Input for this task —
Segment Open

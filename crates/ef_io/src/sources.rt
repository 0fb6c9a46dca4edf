// Where files are read.
ghost use Rattle.std.specs.Prelude.{◌≡◌, ◌≤◌};
ghost use Rattle.ef_io.specs.Sources.{SourcesView, Reads, KeepsRead, HasReadCause};
ghost use Rattle.ef_io.specs.declared.sources.ReadRefusal.TheVariants.{NoMemory as no_memory};

use std::alloc::AllocError;

/// Why a file was not read.
#[derive(Clone, Copy, Debug, PartialEq, Eq)]
pub enum ReadRefusal {
    /// The path names no file.
    Absent,
    /// The content is longer than the limit.
    TooLarge,
    /// The system refused.
    Failed,
    NoMemory,
}

impl From<AllocError> for ReadRefusal {
    ghost from_gives = { λ _ e. e ≡ no_memory };

    fn from(_: AllocError) -> Self {
        ReadRefusal::NoMemory
    }
}

/// Files that are read by their paths.
pub trait Sources {
    /// What the object shows: the map from paths to contents, where it tells it, the count of faults, and the path
    /// of the last call that failed.
    ghost seen: { Self → SourcesView };

    /// Appends the content of the path, which is refused where it has more than `limit` bytes.
    fn read(&mut self, path: &str, limit: usize, into: &mut Vec<u8>) -> Result<(), ReadRefusal>
        ensures told { (seen self.new).files ≡ (seen self.old).files }
        ensures content { Reads (seen self.old).files path.now limit into.old.items into.new.items result }
        ensures kept { KeepsRead limit into.old.items into.new.items result }
        ensures cause { HasReadCause (seen self.old) (seen self.new) path.now result };
}
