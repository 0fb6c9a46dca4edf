// The steady forms: sources that never fail, and a sink that tells its room.
ghost use Rattle.std.specs.Prelude.{◌≡◌, ◌≤◌, [], true, None, Some, IfOk, length, vec_len, vec_capacity};
ghost use Rattle.ef_io.specs.MemorySources.{files_of};
ghost use Rattle.ef_io.specs.Sink.{Writes, HasWriteCause, FitsIn, Stays};
ghost use Rattle.ef_io.specs.Sources.{Reads, KeepsRead, HasReadCause};

use crate::calls::one_more;
use crate::memory_sources::find;
use crate::{Failed, MemoryFile, ReadRefusal, Sink, Sources};
use ef_base::NoMemory;
use std::alloc::Global;

/// Sources in memory of which no call fails. Where a path stands twice, the first file counts.
#[derive(Drop)]
pub struct SteadySources {
    files: Vec<MemoryFile>,
}

impl SteadySources {
    ghost use Rattle.ef_io.specs.Steady.{sources_view};

    /// Sources of these files.
    pub fn new(files: Vec<MemoryFile>) -> Result<SteadySources, NoMemory>
        ensures { IfOk result (λ it. sources_view it ≡ record { files = Some (files_of files.items); faults = 0; failed = None }) }
    {
        Ok(SteadySources { files })
    }
}

impl Sources for SteadySources {
    ghost use Rattle.ef_io.specs.Steady.{sources_view};

    ghost seen = { sources_view };

    fn read(&mut self, path: &str, limit: usize, into: &mut Vec<u8>) -> Result<(), ReadRefusal>
        ensures told { (sources_view self.new).files ≡ (sources_view self.old).files }
        ensures content { Reads (sources_view self.old).files path.now limit into.old.items into.new.items result }
        ensures kept { KeepsRead limit into.old.items into.new.items result }
        ensures cause { HasReadCause (sources_view self.old) (sources_view self.new) path.now result }
    {
        let Some(content) = find(&self.files, path) else {
            return Err(ReadRefusal::Absent);
        };
        let content = content.as_slice();
        if content.len() > limit {
            return Err(ReadRefusal::TooLarge);
        }
        into.extend_from_slice(content)?;
        Ok(())
    }
}

/// A sink in memory that is open from the start and tells the room that is left. A write takes what fits.
#[derive(Drop)]
pub struct SteadySink {
    bytes: Vec<u8>,
    room: usize,
    faults: u64,
    ghost within: { vec_len bytes ≤ room },
    ghost kept: { room ≤ vec_capacity bytes },
}

impl SteadySink {
    ghost use Rattle.ef_io.specs.Steady.{sink_view};

    /// An empty sink with this room, which is taken at once.
    pub fn new(alloc: Global, room: usize) -> Result<SteadySink, NoMemory>
        ensures { IfOk result (λ it. sink_view it ≡ record { written = Some []; room = Some room; faults = 0; is_open = true; created = None }) }
    {
        Ok(SteadySink {
            bytes: Vec::with_capacity(alloc, room)?,
            room,
            faults: 0,
        })
    }

    /// The bytes written.
    pub fn bytes(&self) -> &[u8]
        ensures { (sink_view self.now).written ≡ Some result.now }
    {
        self.bytes.as_slice()
    }
}

impl Sink for SteadySink {
    ghost use Rattle.ef_io.specs.Steady.{sink_view, room_left, TakesSteadily};

    ghost seen = { sink_view };

    fn write(&mut self, piece: &[u8]) -> Result<usize, Failed>
        ensures stays { Stays (sink_view self.old) (sink_view self.new) }
        ensures writes { Writes (sink_view self.old) (sink_view self.new) piece.now result }
        ensures cause { HasWriteCause (sink_view self.old) (sink_view self.new) result }
        ensures fits { FitsIn (sink_view self.old).room (length piece.now) result }
        ensures takes { TakesSteadily (room_left self.old) piece.now result }
    {
        let length = piece.len().min(self.room - self.bytes.len());
        if length == 0 && !piece.is_empty() {
            self.faults = one_more(self.faults);
            return Err(Failed);
        }
        self.bytes.extend_from_slice(&piece[..length]).unwrap();
        Ok(length)
    }
}
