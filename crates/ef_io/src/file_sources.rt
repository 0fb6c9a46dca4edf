// The files of the system, as sources.
ghost use Rattle.std.specs.Prelude.{◌≡◌, ◌≤◌, ◌+◌, None, OnOk, vec_len};
ghost use Rattle.ef_io.specs.Files.{sources_view, IsGrown};

use crate::calls::one_more;
use crate::{ReadRefusal, Sources};
use ef_base::Bytes;
use std::alloc::Global;
use std::io::{ErrorKind, Read};
use std::rt::Files;
use std::{fs, io};

/// The files of the system, which tell nothing of what they hold.
#[derive(Drop)]
pub struct FileSources<'a, R> {
    rt: &'a R,
    alloc: Global,
    faults: u64,
    failed: Option<Bytes>,
}

impl<'a, R: Files> FileSources<'a, R> {
    pub fn new(alloc: Global, rt: &'a R) -> Self
        ensures { ⟦<FileSources<'a, R> as Sources>⟧.seen result ≡ sources_view 0 None }
    {
        FileSources {
            rt,
            alloc,
            faults: 0,
            failed: None,
        }
    }
}

impl<R: Files> Sources for FileSources<'_, R> {
    ghost seen = { λ it. sources_view it.faults it.failed };

    fn read(&mut self, path: &str, limit: usize, into: &mut Vec<u8>) -> Result<(), ReadRefusal> {
        let start = into.len();
        let Err(refusal) = append(self.rt, path, limit, into) else {
            return Ok(());
        };
        into.truncate(start);
        if refusal == ReadRefusal::Failed {
            self.failed = Some(Bytes::from_vec(path.as_bytes().to_vec(self.alloc)?));
            self.faults = one_more(self.faults);
        }
        Err(refusal)
    }
}

// Appends the content of a file, as far as one byte past the limit.
fn append<R: Files>(rt: &R, path: &str, limit: usize, into: &mut Vec<u8>) -> Result<(), ReadRefusal>
    ensures grown { IsGrown into.old.items into.new.items }
    ensures within { OnOk result (vec_len into.new ≤ vec_len into.old + limit) }
{
    let mut file = match fs::open(rt, path) {
        Ok(file) => file,
        Err(e) if names_no_file(&e) => return Err(ReadRefusal::Absent),
        Err(_) => return Err(ReadRefusal::Failed),
    };
    let start = into.len();
    let mut left = limit.saturating_add(1);
    let mut buffer = [0u8; 8192];
    while left > 0 {
        let most = left.min(buffer.len());
        let Ok(n) = file.read(&mut buffer[..most]) else {
            return Err(ReadRefusal::Failed);
        };
        if n == 0 {
            break;
        }
        into.extend_from_slice(&buffer[..n])?;
        left -= n;
    }
    if into.len() - start > limit {
        return Err(ReadRefusal::TooLarge);
    }
    Ok(())
}

// Nothing is there, or the path goes through what is no folder.
fn names_no_file(error: &io::Error) -> bool {
    matches!(error.kind(), ErrorKind::NotFound | ErrorKind::NotADirectory)
}
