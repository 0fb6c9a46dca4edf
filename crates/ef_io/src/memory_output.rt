// An output in memory.
ghost use Rattle.std.specs.Prelude.{◌≡◌, ◌≤◌, [], true, false, None, Some, IfOk, length, vec_capacity};
ghost use Rattle.ef_io.specs.Sink.{Writes, HasWriteCause, FitsIn, Stays, Creates};

use crate::calls::one_more;
use crate::store::Store;
use crate::{Failed, Output, Sink};
use ef_base::NoMemory;
use std::alloc::Global;

/// An output in memory, which is open after `create`. A write takes what fits into its room, and so long may a path
/// be; the calls of the numbers given, counted from 1 over both kinds, fail.
#[derive(Drop)]
pub struct MemoryOutput {
    path: Vec<u8>,
    is_open: bool,
    store: Store,
    ghost kept: { store.room ≤ vec_capacity path },
}

impl MemoryOutput {
    ghost use Rattle.ef_io.specs.Store.{HoldsNothing};
    ghost use Rattle.ef_io.specs.MemoryOutput.{output_view, IsTold};

    /// An output with this room, for the bytes and for the path, which is taken at once.
    pub fn new(alloc: Global, room: usize, failing: Vec<u64>) -> Result<MemoryOutput, NoMemory>
        ensures shows { IfOk result (λ it. output_view it ≡ record { written = Some []; room = None; faults = 0; is_open = false; created = None }) }
        ensures holds { IfOk result (λ it. HoldsNothing room failing it.store) }
    {
        Ok(MemoryOutput {
            path: Vec::with_capacity(alloc, room)?,
            is_open: false,
            store: Store::new(alloc, room, failing)?,
        })
    }

    /// The path created and the bytes written, if it is open.
    pub fn created(&self) -> Option<(&[u8], &[u8])>
        ensures { IsTold (output_view self.now) result }
    {
        if self.is_open {
            Some((self.path.as_slice(), self.store.bytes.as_slice()))
        } else {
            None
        }
    }
}

impl Sink for MemoryOutput {
    ghost use Rattle.ef_io.specs.Store.{Takes};
    ghost use Rattle.ef_io.specs.MemoryOutput.{output_view};

    ghost seen = { output_view };

    fn write(&mut self, piece: &[u8]) -> Result<usize, Failed>
        requires { (output_view self.old).is_open ≡ true }
        ensures stays { Stays (output_view self.old) (output_view self.new) }
        ensures writes { Writes (output_view self.old) (output_view self.new) piece.now result }
        ensures cause { HasWriteCause (output_view self.old) (output_view self.new) result }
        ensures fits { FitsIn (output_view self.old).room (length piece.now) result }
        ensures takes { Takes self.old.store self.new.store piece.now result }
    {
        self.store.take(piece)
    }
}

impl Output for MemoryOutput {
    ghost use Rattle.ef_io.specs.MemoryOutput.{output_view, CreatesWithin, not_created_while_closed};

    ghost not_created = { not_created_while_closed };

    fn create(&mut self, path: &str) -> Result<(), Failed>
        requires { (output_view self.old).is_open ≡ false }
        ensures creates { Creates (output_view self.old) (output_view self.new) path.now result }
        ensures cause { HasWriteCause (output_view self.old) (output_view self.new) result }
        ensures within { CreatesWithin self.old.store self.new.store path.now result }
    {
        let fails = self.store.calls.count();
        if fails || path.len() > self.store.room {
            self.store.faults = one_more(self.store.faults);
            return Err(Failed);
        }
        self.path.clear();
        self.path.extend_from_slice(path.as_bytes()).unwrap();
        self.store.bytes.clear();
        self.is_open = true;
        Ok(())
    }
}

Segment Closed

What the task asks — Copy exactly the lines that run from the first line of the data to the line containing "use std::alloc::AllocError;", please, with both ends included and nothing else.

Response for this exercise —
filename crates/ef_io/src/sources.rt
repository 0fb6c9a46dca4edf
// Where files are read.
ghost use Rattle.std.specs.Prelude.{◌≡◌, ◌≤◌};
ghost use Rattle.ef_io.specs.Sources.{SourcesView, Reads, KeepsRead, HasReadCause};
ghost use Rattle.ef_io.specs.declared.sources.ReadRefusal.TheVariants.{NoMemory as no_memory};

use std::alloc::AllocError;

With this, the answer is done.